# ~ Blackest or Whitest Horse Competition



## WWA (Sep 30, 2010)

I got a black one! 
She's a Canadian yearling filly and our newest 'addition'.


----------



## lilruffian (Jun 28, 2010)

I've got ones for whitest & blackest.
The white guy is my neighbors colt & the black mare is my Arab Chico


----------



## flamingauburnmustang (Dec 25, 2008)

Nice horses! Keep them coming! :grin:


----------



## Redial (Oct 1, 2010)




----------



## Snookeys (Sep 23, 2010)

You should say no editing allowed! Sometimes you can go into photo programs and darken/lighten a picture.


----------



## Redial (Oct 1, 2010)

would people actually go to that extent to win an online horse colour comp?


----------



## Snookeys (Sep 23, 2010)

Redial said:


> would people actually go to that extent to win an online horse colour comp?


Yes, I'm sure they would.


----------



## smrobs (Jul 30, 2008)

Percheron gelding Big John. I love black horses .


----------



## flamingauburnmustang (Dec 25, 2008)

Snookeys said:


> You should say no editing allowed! Sometimes you can go into photo programs and darken/lighten a picture.


That's actually very true, thanks Snookeys! :smile:

*New rule: You are not allowed to edit the photo in such a way that it will change the color of the horse!*


----------



## SpiritedLittleCopperSpots (Mar 4, 2010)

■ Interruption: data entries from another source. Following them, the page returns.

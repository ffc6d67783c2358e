//! Named classes, by a bit for each expression.
ghost use Rattle.countermodel.specs.Members.{AreOwnClasses, IsOwnClass};
ghost use Rattle.std.specs.Prelude.{◌↔◌, IfOk, IsTrue};

use axioms::{ExprId, Memory, Ontology};
use number_sets::Row;
use std::alloc::Global;

/// Whether the expression is a named class but `owl:Thing` and `owl:Nothing`.
pub(crate) fn is_own_class(ontology: &Ontology, class: ExprId) -> bool
    ensures { IsTrue result ↔ IsOwnClass ontology.now class.0 }
{
    class > ExprId::NOTHING && ontology.class_of(class).is_some()
}

/// Of each expression whether it is such a class: where many facts ask for it, a bit is nearer than the expression.
pub(crate) fn own_classes(alloc: Global, ontology: &Ontology) -> Result<Row, Memory>
    ensures { IfOk result (AreOwnClasses ontology.now) }
{
    ontology.bounded();
    let mut own = Row::new(alloc, ontology.expression_count())?;
    for number in 0..ontology.expression_count() {
        if is_own_class(ontology, ExprId(number as u32)) {
            own.put(number);
        }
    }
    Ok(own)
}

Here's my hubby's boy Duke...


----------



## dressagebelle (May 13, 2009)

Haha, well I'm gonna post a pic for blackest horse, though the picture isn't the best, its the only one I have of my boy. He was a true non fading black which was awesome, with a few white hairs on his forehead, otherwise he was all black, though when I put him down he was turning really gray. Looked like he had socks lol. So here's Joe. And thats not me on him, but it is a friend, and I do have permission to post the picture.
http://www.horseforum.com/attachment.php?attachmentid=43099&stc=1&d=1286740858


----------



## QHDragon (Mar 6, 2009)

Here's Spyder:


----------



## faye (Oct 13, 2010)

Danny a horse I used to compete on.
For the blackest horse comp


----------



## LadyGaGa (Oct 13, 2010)

Not sure which colour category to enter...!!!!!!...Black or White...?.(my mother in Laws gypsy cob)












Just kidding i know we dont belong here...lol..:lol::shock:


----------



## Starlet (Jun 3, 2010)

This is piku! He is my neibors pony that my sister and I named and trained. This was the best pic of him I could find.


----------



## ShutUpJoe (Nov 10, 2009)

I love! Black horses with blue eyes!


----------



## flamingauburnmustang (Dec 25, 2008)

*One more day everyone! Voting starts soon! :smile:*


----------



## CloudsMystique (Mar 3, 2009)

Here's my white horse:











And here's my black horse:











: )


----------



## Snookeys (Sep 23, 2010)

Pretty sure CloudsMystique just won BOTH sections. HAHA Here's another picture of the same gelding I posted ; just a better pic.


----------



## reining girl (Jan 30, 2009)

I love love love black horses, i wish so bad that i had one =( they need to come up with some kind of horse dying kit lol, so that way i can dye cricket black.


----------



## flamingauburnmustang (Dec 25, 2008)

*I will post a new thread for the voting in 3 hours, so if there are any last minute entries you still have a chance. I will see if I can do a poll so it makes voting easier. :smile:*


----------



## jadeewood (Feb 18, 2009)

the whitest contest please


her names apache


----------



## flamingauburnmustang (Dec 25, 2008)

*Closed*

*This competition is now closed! Please go and vote in the next thread to determine the winners! :smile:*

http://www.horseforum.com/horse-con...t-whitest-horse-competition-67694/#post788081


----------



## jadeewood (Feb 18, 2009)

did i get in? i posted my picture before you said if closed but i cant see my pictyure on the viewing page :/


----------



## jadeewood (Feb 18, 2009)

^^^^^ i mean on the voting page


----------



## flamingauburnmustang (Dec 25, 2008)

^^ You can read up in the voting thread why I didn't add Apache. :smile:


----------